# Another Application of Monotone Instrumental Variables to Returns to Schooling  
Author: Thomas Wiemann  
Date: November 3, 2021 

This notebook implements the MTS-MTR upper-bounds of Manski and Pepper (2000) and applies them to bound the returns to schooling using the data considered in Angrist and Krueger (1991).

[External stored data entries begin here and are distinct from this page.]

//! The instructions of field constructors.
ghost use Rattle.std.specs.Prelude.{◌≡◌, ◌≢◌, ◌+◌, ◌++◌, ◌≤◌, ℕ, List, [], ◌∷◌, map, Some, None, IfOk, OnOk, codes};
ghost use Rattle.std.specs.List.{flat_map};
ghost use Rattle.std.specs.Result.{IsErrOf};
ghost use Rattle.class_model.specs.Pool.{Constants};
ghost use Rattle.class_tree.specs.Headers.{Name, headers_of};
ghost use Rattle.class_tree.specs.Layouts.{instance_fields};
ghost use Rattle.class_tree.specs.Names.{object};
ghost use Rattle.field_constructors.specs.Constructors.{field_descs};
ghost use Rattle.field_constructors.specs.Inner.FieldWords.{instance_fields_of};
ghost use Rattle.flow_code.specs.declared.reason.Reason.{Reason};
ghost use Rattle.making_code.specs.ConstructorCode.{indexed_instr};
ghost use Rattle.making_code.specs.FieldConstructor.{call_above, calls_object, constructor_items, item_needs, puts_from, simple, super_call, units_of_fields};
ghost use Rattle.class_model.specs.declared.descriptor.Kind.TheVariants as kinds;
ghost use Rattle.class_model.specs.declared.instr.Instr.TheVariants.{Load};
ghost use Rattle.constructor_methods.specs.ConstructorMethods.{HasWrittenConstructor};
ghost use Rattle.materialise.specs.Growing.{IsFull};
ghost use Rattle.constructor_methods.specs.Inner.ConstructorWords.{Constructs, IsHeaderOf, descs_above, loads_of, put_items, units_of_descs};
ghost use Rattle.materialise.specs.MadeCode.{DescribesConstructors, IsMadeClass};
ghost use Rattle.pool_edit.specs.Edits.{Continues};

use crate::field_kinds::{field_kind, field_units};
use class_model::opcodes::INVOKESPECIAL;
use class_model::{ACC_STATIC, Header, INIT, Imm, Instr, Kind, Member, NoMemory, Text, has};
use class_tree::OBJECT;
use field_constructors::Constructors;
use flow_code::KeptFault;
use materialise::{Reference, add_member};
use pool_edit::{PoolEdit, an_edit_goes_back_to_what_it_was};
use std::alloc::Global;

/// Loads parameters from a unit on, of fields of these descriptors.
pub(crate) fn load_parameters(
    descs: &[Text],
    from: u16,
    instrs: &mut Vec<Instr>,
) -> Result<(), NoMemory>
    requires { from + units_of_descs descs.now ≤ 65 }
    ensures { OnOk result ((constructor : Name → List ℕ) (pool : Constants)
        → instrs.new.items
        ≡ instrs.old.items ++ map (indexed_instr pool constructor) (loads_of from descs.now)) }
{
    let mut unit = from;
    for desc in descs {
        let kind = field_kind(desc);
        instrs.push(Instr::Load(kind, unit))?;
        unit += kind.units();
    }
    Ok(())
}

/// Stores a field of this class from a unit.
pub(crate) fn write_put(
    pool: &mut PoolEdit,
    class: &Text,
    field: &Member,
    unit: u16,
    instrs: &mut Vec<Instr>,
) -> Result<(), KeptFault>
    ensures ok { OnOk result ((constructor : Name → List ℕ)
        → Constructs constructor pool.old instrs.old.items
        (put_items class.now unit field.now)
        pool.new instrs.new.items) }
    ensures full { (reason : Reason) (constructor : Name → List ℕ)
        → IsErrOf result (KeptFault.Kept reason)
        → IsFull pool.old
        (flat_map (item_needs constructor) (put_items class.now unit field.now)) reason }
    ensures more { Continues pool.old pool.new }
{
    an_edit_goes_back_to_what_it_was();
    instrs.push(Instr::Load(Kind::Ref, 0))?;
    instrs.push(Instr::Load(field_kind(&field.desc), unit))?;
    let index = add_member(pool, Reference::Field, class, &field.name, &field.desc)?;
    instrs.push(Instr::PutField(index))?;
    Ok(())
}

/// Stores the instance fields that a class declares, from a unit on.
pub(crate) fn write_puts(
    pool: &mut PoolEdit,
    header: &Header,
    from: u16,
    instrs: &mut Vec<Instr>,
) -> Result<(), KeptFault>
    requires { from + units_of_fields (instance_fields_of header.now) ≤ 65 }
    ensures ok { OnOk result ((constructor : Name → List ℕ)
        → Constructs constructor pool.old instrs.old.items
        (puts_from header.now.name from (instance_fields_of header.now))
        pool.new instrs.new.items) }
    ensures full { (reason : Reason) (constructor : Name → List ℕ)
        → IsErrOf result (KeptFault.Kept reason)
        → IsFull pool.old
        (flat_map (item_needs constructor)
        (puts_from header.now.name from (instance_fields_of header.now))) reason }
    ensures more { Continues pool.old pool.new }
{
    an_edit_goes_back_to_what_it_was();
    let mut unit = from;
    for field in header.fields.as_slice() {
        if !has(field.flags, ACC_STATIC) {
            write_put(pool, &header.name, field, unit, instrs)?;
            unit += field_kind(&field.desc).units();
        }
    }
    Ok(())
}

/// Calls the constructor of `java/lang/Object`.
pub(crate) fn call_object(
    alloc: Global,
    pool: &mut PoolEdit,
    instrs: &mut Vec<Instr>,
) -> Result<(), KeptFault>
    ensures ok { OnOk result ((constructor : Name → List ℕ)
        → Constructs constructor pool.old instrs.old.items
        (simple (Load kinds.Ref 0) ∷ calls_object ∷ [])
        pool.new instrs.new.items) }
    ensures full { (reason : Reason) (constructor : Name → List ℕ)
        → IsErrOf result (KeptFault.Kept reason)
        → IsFull pool.old
        (flat_map (item_needs constructor) (simple (Load kinds.Ref 0) ∷ calls_object ∷ [])) reason }
    ensures more { Continues pool.old pool.new }
{
    an_edit_goes_back_to_what_it_was();
    instrs.push(Instr::Load(Kind::Ref, 0))?;
    let class = Text::of_plain(alloc, OBJECT)?;
    let init = Text::of_plain(alloc, INIT)?;
    let desc = Text::of_plain(alloc, b"()V")?;
    let index = add_member(pool, Reference::Method, &class, &init, &desc)?;
    instrs.push(Instr::Invoke(INVOKESPECIAL, index, 0))?;
    Ok(())
}

/// Calls the field constructor of the superclass, whose fields have these descriptors.
pub(crate) fn call_constructor(
    alloc: Global,
    constructors: &Constructors<'_>,
    class: &Text,
    fields: &[Text],
    pool: &mut PoolEdit,
    instrs: &mut Vec<Instr>,
) -> Result<(), KeptFault>
    requires made { IsMadeClass constructors.now class.now }
    requires apart { class.now ≢ object }
    requires fields { fields.now ≡ field_descs (headers_of constructors.now) class.now }
    requires few { units_of_descs fields.now ≤ 64 }
    ensures ok { OnOk result ((constructor : Name → List ℕ)
        → DescribesConstructors constructors.now constructor
        → Constructs constructor pool.old instrs.old.items
        (super_call (headers_of constructors.now) class.now)
        pool.new instrs.new.items) }
    ensures full { (reason : Reason) (constructor : Name → List ℕ)
        → IsErrOf result (KeptFault.Kept reason)
        → DescribesConstructors constructors.now constructor
        → IsFull pool.old
        (flat_map (item_needs constructor) (super_call (headers_of constructors.now) class.now))
        reason }
    ensures more { Continues pool.old pool.new }
{
    an_edit_goes_back_to_what_it_was();
    instrs.push(Instr::Load(Kind::Ref, 0))?;
    load_parameters(fields, 1, instrs)?;
    instrs.push(Instr::Const(Imm::Null))?;
    let Some(desc) = constructors.of_class(alloc, class)? else {
        unreachable!()
    };
    let init = Text::of_plain(alloc, INIT)?;
    let index = add_member(pool, Reference::Method, class, &init, &desc)?;
    instrs.push(Instr::Invoke(INVOKESPECIAL, index, 0))?;
    Ok(())
}

/// Calls the constructor of the superclass, if there is one. The fields of the classes above have these descriptors.
pub(crate) fn write_call(
    alloc: Global,
    constructors: &Constructors<'_>,
    header: &Header,
    above: &[Text],
    pool: &mut PoolEdit,
    instrs: &mut Vec<Instr>,
) -> Result<(), KeptFault>
    requires may { HasWrittenConstructor constructors.now header.now }
    requires above { above.now ≡ descs_above (headers_of constructors.now) header.now }
    requires few { units_of_descs above.now ≤ 64 }
    ensures ok { OnOk result ((constructor : Name → List ℕ)
        → DescribesConstructors constructors.now constructor
        → Constructs constructor pool.old instrs.old.items
        (call_above (headers_of constructors.now) header.now.super_name)
        pool.new instrs.new.items) }
    ensures full { (reason : Reason) (constructor : Name → List ℕ)
        → IsErrOf result (KeptFault.Kept reason)
        → DescribesConstructors constructors.now constructor
        → IsFull pool.old
        (flat_map (item_needs constructor)
        (call_above (headers_of constructors.now) header.now.super_name)) reason }
    ensures more { Continues pool.old pool.new }
{
    an_edit_goes_back_to_what_it_was();
    let Some(class) = &header.super_name else {
        return Ok(());
    };
    if class.bytes() == OBJECT {
        call_object(alloc, pool, instrs)
    } else {
        call_constructor(alloc, constructors, class, above, pool, instrs)
    }
}

/// The instructions of the field constructor of a class, where the fields of the classes above have these descriptors.
pub(crate) fn write_constructor_code(
    alloc: Global,
    constructors: &Constructors<'_>,
    header: &Header,
    above: &[Text],
    pool: &mut PoolEdit,
    instrs: &mut Vec<Instr>,
) -> Result<(), KeptFault>
    requires may { HasWrittenConstructor constructors.now header.now }
    requires found { IsHeaderOf (headers_of constructors.now) header.now }
    requires above { above.now ≡ descs_above (headers_of constructors.now) header.now }
    requires few { units_of_descs above.now + units_of_fields (instance_fields_of header.now) ≤ 64 }
    ensures ok { OnOk result ((constructor : Name → List ℕ)
        → DescribesConstructors constructors.now constructor
        → Constructs constructor pool.old instrs.old.items
        (constructor_items (headers_of constructors.now) header.now.name)
        pool.new instrs.new.items) }
    ensures full { (reason : Reason) (constructor : Name → List ℕ)
        → IsErrOf result (KeptFault.Kept reason)
        → DescribesConstructors constructors.now constructor
        → IsFull pool.old
        (flat_map (item_needs constructor)
        (constructor_items (headers_of constructors.now) header.now.name)) reason }
    ensures more { Continues pool.old pool.new }
{
    an_edit_goes_back_to_what_it_was();
    write_call(alloc, constructors, header, above, pool, instrs)?;
    write_puts(pool, header, 1 + field_units(above), instrs)?;
    instrs.push(Instr::Return(None))?;
    Ok(())
}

## Section 0: Preliminaries

In [1]:
# Load required packages
using DataFrames, StatFiles
using Statistics

## Section 1: MTS-MTR Bound Implementation

The following implements a custom object of type ``myIVBound``. A corresponding method ``coef`` allows for calculation of the MTS-MTR upper-bound on $E[Y(t) - Y(s)]$.

In [2]:
struct myIVBound
    px # P(X=x) for all x
    Eyx # E[Y|X=x] for all x
    unq_x # An orderd set of the unique values of X

    function myIVBound(y, x)
        # Data parameters
        n = length(y)
        unq_x = sort(unique(x))
        # Calculate the empirical pmf and conditional expectation
        px = zeros(length(unq_x))
        Eyx = zeros(length(unq_x))
        for v in 1:length(unq_x)
            indx = x .== unq_x[v]
            px[v] = sum(indx) / n
            Eyx[v] = mean(y[indx])
        end
        # Return the myIVBound object
        new(px, Eyx, unq_x)
    end #MYIVBOUND
end #MYIVBOUND

In [3]:
function coef(fit::myIVBound, s, t)
    """
    Returns the upper bound of E[Y(t) - Y(s)] under the MTS and MTR assumptions
        of Manski and Pepper (2000).
    """
    # Determine indices above and below t, s
    from_t = fit.unq_x .> t
    until_s = fit.unq_x .< s
    # Calculate the upper-bound of E[Y(t)] and the lower-bound of E[Y(s)]
    Eyx_px = fit.Eyx .* fit.px
    ub = sum(Eyx_px[from_t]) + (fit.Eyx[fit.unq_x .== t] * 
        sum(fit.px[.!from_t]))[1]
    lb = sum(Eyx_px[until_s]) + (fit.Eyx[fit.unq_x .== s] * 
        sum(fit.px[.!until_s]))[1]
    # Subtract and return the upper and lower bounds
    return ub - lb
end

coef (generic function with 1 method)

## Section 2: Data

This section loads the Angrist and Krueger (1991) data. The sample contains American men born between 1930 and 1939. The outcome variable is the log-weekly wage, and the endogeneous variable of interest is the years of completed schooling.

In [4]:
# Import dataset as dataframe
df = load("NEW7080.dta") |> DataFrame;

In [5]:
# Select sample and variables of interest
indx = @. (df[:, 27] >= 30) & (df[:, 27] <= 39)
df = df[indx, :]
educ = df[:, 4]
lwklywge = df[:, 9];

# Section 3: Estimation and Results

This section constructs upper-bounds on $E[Y(t) - Y(t-4)]$ for $t \in \{4, 8, 12, 16, 20\}$ to bound the returns to different school stages in the US education system (from elementary school to post-grad degrees).

In [6]:
# Calculate the empirical pmf and conditional expectation
fit = myIVBound(lwklywge, educ);

In [7]:
# Calculate the bounds for each considered pair (t, s)
bounds = zeros(5, 3)
for j in (4, 8, 12, 16, 20)
    bounds[Int(j/4), 1] = j - 4 # s
    bounds[Int(j/4), 2] = j # t
    bounds[Int(j/4), 3] = coef(fit, j - 4, j) # upper-bound
end

The third column below gives the upper-bounds for each considered pair $t$ (second column) and $s$ (first column).

In [8]:
bounds

5×3 Matrix{Float64}:
  0.0   4.0  0.878966
  4.0   8.0  0.646593
  8.0  12.0  0.394537
 12.0  16.0  0.448109
 16.0  20.0  0.414501

The results imply that the average returns to an additional year of, for example, college are bounded above by 0.112.

In [9]:
bounds[:, 3] ./ 4

5-element Vector{Float64}:
 0.21974160221586803
 0.16164813331066452
 0.09863423959990292
 0.11202714900306754
 0.10362536060294159

Manski and Pepper (2000) report an upper-bound per year of college of 0.099 (using different data, of course).